**PROBLEM STATEMENT**
Transcribe exactly the line containing "(if is_named (option_copied" plus every later line in the data.
THE INPUT START
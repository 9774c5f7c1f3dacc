//! Texts that a client hands in.

ghost use Rattle.std.specs.Prelude.{◌≡◌, IfOk, IfErr, if◌then◌else◌};
ghost use Rattle.std.specs.Option.{option_copied};
ghost use Rattle.jm_base.specs.declared.refusal.Refusal.TheVariants.{BadName, Memory};
ghost use Rattle.jm_client.specs.Told.{is_named};
ghost use Rattle.jm_dest.specs.Names.{is_name};

use jm_base::{Refusal, Str};
use jm_dest::{ClientId, SubscriptionName};
use std::alloc::{AllocError, Global};

/// A copy of the text, where there is one. `AllocError` where a request for memory was refused.
pub(crate) fn copied_text(alloc: Global, text: Option<&str>) -> Result<Option<Str>, AllocError>
    ensures { IfOk result (λ copy. copy ≡ option_copied text.entry) }
{
    match text {
        None => Ok(None),
        Some(text) => Ok(Some(Str::new(String::from_str(alloc, text)?))),
    }
}

/// The subscription name of the text. `BadName` where the text is no name, else `Memory` where a request for memory was refused.
pub(crate) fn subscription_named(alloc: Global, text: &str) -> Result<SubscriptionName, Refusal>
    ensures ok { IfOk result (λ name. name ≡ text.now) }
    ensures err { IfErr result (λ refusal. refusal ≡ (if is_name text.now then Memory else BadName)) }
{
    SubscriptionName::new(alloc, text)
}

/// The client identifier of the text, where there is one. `BadName` where the text is no name, else `Memory` where a request
/// for memory was refused.
pub(crate) fn client_named(alloc: Global, text: Option<&str>) -> Result<Option<ClientId>, Refusal>
    ensures ok { IfOk result (λ client. client ≡ option_copied text.entry) }
    ensures err { IfErr result (λ refusal. refusal ≡ (if is_named (option_copied text.entry) then Memory else BadName)) }
{
    match text {
        None => Ok(None),
        Some(text) => Ok(Some(ClientId::new(alloc, text)?)),
    }
}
THE INPUT END
**OUTPUT BELOW**
    ensures err { IfErr result (λ refusal. refusal ≡ (if is_named (option_copied text.entry) then Memory else BadName)) }
{
    match text {
        None => Ok(None),
        Some(text) => Ok(Some(ClientId::new(alloc, text)?)),
    }
}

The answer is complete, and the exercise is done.